US Secretary of State Mike Pompeo is heading to Germany to improve relations with Berlin as he comes under growing domestic criticism for his role in the events that led to the impeachment inquiry against President Donald Trump.
The US State Department said Tuesday that Pompeo will meet with German officials to discuss the Nord Stream 2 pipeline, a project that will deliver natural gas from Russia to Europe and is opposed by Washington.
Pompeo will visit five German cities, including one that is home to a US military base where he served as a tank commander in the 1980s. He will also join festivities to commemorate the 30th anniversary of the fall of the Berlin Wall.
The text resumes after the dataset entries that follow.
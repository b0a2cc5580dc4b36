//! The rows by which an action is walked: which form a term has, as it is taken apart in Rust.
#![tactic(auto)]

mod arms;
mod differing;
mod part;
mod row;
mod scenes;
mod stage;
mod values;

pub use arms::chosen_arm;
pub use differing::{changed_truth, part_truth};
pub use part::{Part, part_place, plain_parts, unchanged_parts};
pub use row::{Row, behind, row_of};
pub use scenes::scene_at;
pub use stage::Stage;
pub use values::kept_value;
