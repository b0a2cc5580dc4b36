ghost use Rattle.std.specs.Prelude.{◌≡◌, IfOk};

use base_cuts::Cut;
use states_core::State;
use states_layers::{Member, SharedValues};
use std::alloc::{AllocError, Global};
use std::hash::{Hash, Hasher};
use std::marker::Model;

/// A cut of the logs with a state.
#[derive(Drop, PartialEq, Eq)]
pub struct Entry {
    pub cut: Cut,
    pub state: State,
}

impl Model for Entry {
    ghost use Rattle.steps_tied.specs.Tied.{CutState};
    ghost use Rattle.steps_cut_source.specs.Entries.{entry_code};

    ghost Value = { CutState };

    ghost coded = { entry_code };

    ghost view = { λ e. record { cut = e.cut; state = e.state } };

    ghost inverse = { λ e. record { cut = e.cut; state = e.state } };
}

impl Hash for Entry {
    ghost use Rattle.steps_cut_source.specs.Entries.{entry_input, entry_same};
    ghost use Rattle.std.proofs.Common.{ap};

    ghost hash_input = { entry_input };

    ghost respects_eq = { λ e f h. ap entry_input (entry_same e f h) };

    fn hash<H: Hasher>(&self, state: &mut H) {
        self.cut.hash(state);
        self.state.hash(state);
    }
}

impl Member for Entry {
    ghost use Rattle.steps_cut_source.specs.Entries.{entry_same};

    ghost state_of = { λ e. e.state };

    ghost same = { entry_same };

    fn state(&self) -> &State {
        &self.state
    }

    fn into_state(self) -> State {
        self.state
    }

    fn copy(&self, alloc: Global) -> Result<Entry, AllocError> {
        Ok(Entry {
            cut: self.cut.copy(alloc)?,
            state: self.state.copy(alloc)?,
        })
    }

    fn shared(self, values: &mut SharedValues) -> Result<Entry, AllocError> {
        let Entry { cut, state } = self;
        let state = values.shared(state)?;
        Ok(Entry { cut, state })
    }
}
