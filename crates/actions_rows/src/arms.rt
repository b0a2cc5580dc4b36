//! What a CASE chooses.

ghost use Rattle.std.specs.Prelude.{IfErr, IfOk, Ok, map, option_copied};
ghost use Rattle.actions_meanings.specs.Holds.{Chosen};
ghost use Rattle.eval_meanings.specs.Evaluates.{Evaluates};
ghost use Rattle.eval_meanings.specs.Unchanged.{TruthOf};
ghost use Rattle.names_terms.specs.Lists.{arms_list};
ghost use Rattle.eval_meanings.specs.Reads.{Reads, ReadsEach};
ghost use Rattle.eval_parts.specs.Scenes.{Stops, context, table};

use base_core::Place;
use eval_meanings::EvalFault;
use eval_parts::Scene;
use eval_terms::eval_truth;
use names_terms::{Arms, Term};
use std::alloc::Global;
use values_core::EvalKind;

/// What stands behind the first test that is true, or else the last.
pub fn chosen_arm<'a>(
    alloc: Global,
    scene: Scene<'_>,
    depth: u32,
    at: Place,
    arms: &'a Arms,
    other: Option<&'a Term>,
) -> Result<&'a Term, EvalFault>
    requires { ReadsEach (Reads (table scene) depth) (context scene) (map (λ q. q.0) (arms_list arms.now)) }
    ensures chosen { IfOk result (λ e. Chosen (TruthOf (Evaluates (table scene.entry) depth) (context scene.entry)) at (arms_list arms.now) (option_copied other.entry) (Ok e.now)) }
    ensures fault { IfErr result (Stops (Chosen (TruthOf (Evaluates (table scene.entry) depth) (context scene.entry)) at (arms_list arms.now) (option_copied other.entry))) }
{
    for arm in arms.items() {
        match eval_truth(alloc, scene, depth, &arm.test) {
            Ok(true) => return Ok(&arm.value),
            Ok(false) => {}
            Err(fault) => return Err(fault),
        }
    }
    match other {
        Some(term) => Ok(term),
        None => Err(EvalFault::Refused(EvalKind::NoCase, at)),
    }
}
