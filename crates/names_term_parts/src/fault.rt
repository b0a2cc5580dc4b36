ghost use Rattle.std.specs.Prelude.{◌≡◌};
ghost use Rattle.names_term_parts.specs.FaultOrder.{is_before, number_of, standing, earlier, held};
ghost use Rattle.names_term_parts.specs.Limits.{is_above, limit};

use base_core::Place;
use names_terms::Level;
use thiserror::Error;

/// What is wrong with the levels in a text.
#[derive(Clone, Copy, Debug, Drop, PartialEq, Eq, Error)]
pub enum LevelFault {
    /// The level of a part, the highest that it may have, and the place of the term that has the part.
    #[error("too high a level at {2}")]
    TooHigh(Level, Level, Place),
    /// The place of an argument whose parameter stands under a prime.
    #[error("an argument is primed at {0}")]
    PrimedArgument(Place),
}

fn number_of(level: Level) -> u32
    ensures { result ≡ number_of level }
{
    match level {
        Level::Constant => 0,
        Level::State => 1,
        Level::Action => 2,
        Level::Temporal => 3,
    }
}

/// Where a fault stands in the order of the text.
fn standing(fault: LevelFault) -> [u32; 6]
    ensures { result ≡ standing fault }
{
    match fault {
        LevelFault::TooHigh(found, allowed, at) => [
            at.file,
            at.line,
            at.col,
            0,
            3 - number_of(allowed),
            number_of(found),
        ],
        LevelFault::PrimedArgument(at) => [at.file, at.line, at.col, 1, 0, 0],
    }
}

/// Whether a fault stands before another in the order of the text.
pub fn is_before(fault: LevelFault, other: LevelFault) -> bool
    ensures { result ≡ is_before fault other }
{
    standing(fault) < standing(other)
}

/// The earlier of what was found and a further fault.
pub fn earlier(found: Option<LevelFault>, fault: LevelFault) -> Option<LevelFault>
    ensures { result ≡ earlier found fault }
{
    match found {
        None => Some(fault),
        Some(other) => {
            if is_before(fault, other) {
                return Some(fault);
            }
            Some(other)
        }
    }
}

/// Whether a level is above another.
pub fn is_above(level: Level, other: Level) -> bool
    ensures { result ≡ is_above level other }
{
    match level {
        Level::Constant => false,
        Level::State => match other {
            Level::Constant => true,
            Level::State | Level::Action | Level::Temporal => false,
        },
        Level::Action => match other {
            Level::Constant | Level::State => true,
            Level::Action | Level::Temporal => false,
        },
        Level::Temporal => match other {
            Level::Constant | Level::State | Level::Action => true,
            Level::Temporal => false,
        },
    }
}

/// The earlier of what was found and that a part of a level is too high for a term at a place.
pub fn held(
    found: Option<LevelFault>,
    at: Place,
    allowed: Level,
    level: Level,
) -> Option<LevelFault>
    ensures { result ≡ held found (limit at allowed level) }
{
    if is_above(level, allowed) {
        return earlier(found, LevelFault::TooHigh(level, allowed, at));
    }
    found
}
The pipeline project has come under fire from the Trump's administration and several European countries, who argue it will increase Europe's dependence on Russia for energy.
Pompeo's trip to Germany comes at a tumultuous time for the US State Department amid the release of transcripts of testimony in Trump’s impeachment inquiry that has prominently featured several American diplomats.
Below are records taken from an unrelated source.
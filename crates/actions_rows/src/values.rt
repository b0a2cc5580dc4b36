//! The value that a variable keeps.

ghost use Rattle.eval_meanings.specs.Answers.{Tells};
ghost use Rattle.eval_meanings.specs.Evaluates.{Evaluates};
ghost use Rattle.eval_meanings.specs.Reads.{Reads};
ghost use Rattle.eval_parts.specs.Following.{variable_at};
ghost use Rattle.eval_parts.specs.Scenes.{context, table};

use base_core::Place;
use eval_meanings::EvalFault;
use eval_parts::{Scene, variable};
use states_core::VarId;
use values_core::{EvalKind, Value};

/// The value of a variable before, as a term that no text spells, which stands at the place.
pub fn kept_value(
    scene: Scene<'_>,
    depth: u32,
    at: Place,
    number: VarId,
) -> Result<Value, EvalFault>
    requires { Reads (table scene) depth (context scene) (variable_at at number.0) }
    ensures { Tells result (Evaluates (table scene.entry) depth (context scene.entry) (variable_at at number.0)) }
{
    if depth == 0 {
        return Err(EvalFault::Refused(EvalKind::Nested, at));
    }
    variable(scene.state, number)
}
Several State Department employees have testified to the Democratic-led congressional inquiry that Pompeo failed to halt a White House effort to improperly press Ukraine to investigate Trump's political rivals and did little or nothing to defend US diplomats from politically motivated attacks by the president and his supporters.
Democrats in the US House of Representatives launched an impeachment inquiry against Trump in September after a whistleblower alleged the Republican president pressured Ukrainian President Volodymyr Zelensky to investigate former Vice President Joe Biden and his son Hunter, who had served as a director for Ukrainian energy company Burisma.
Democrats say Trump’s pressure on Ukraine was an abuse of power for personal gain and jeopardized national security.
An NBC News/Wall Street survey released last week found that half of Americans support Trump’s impeachment and removal from office.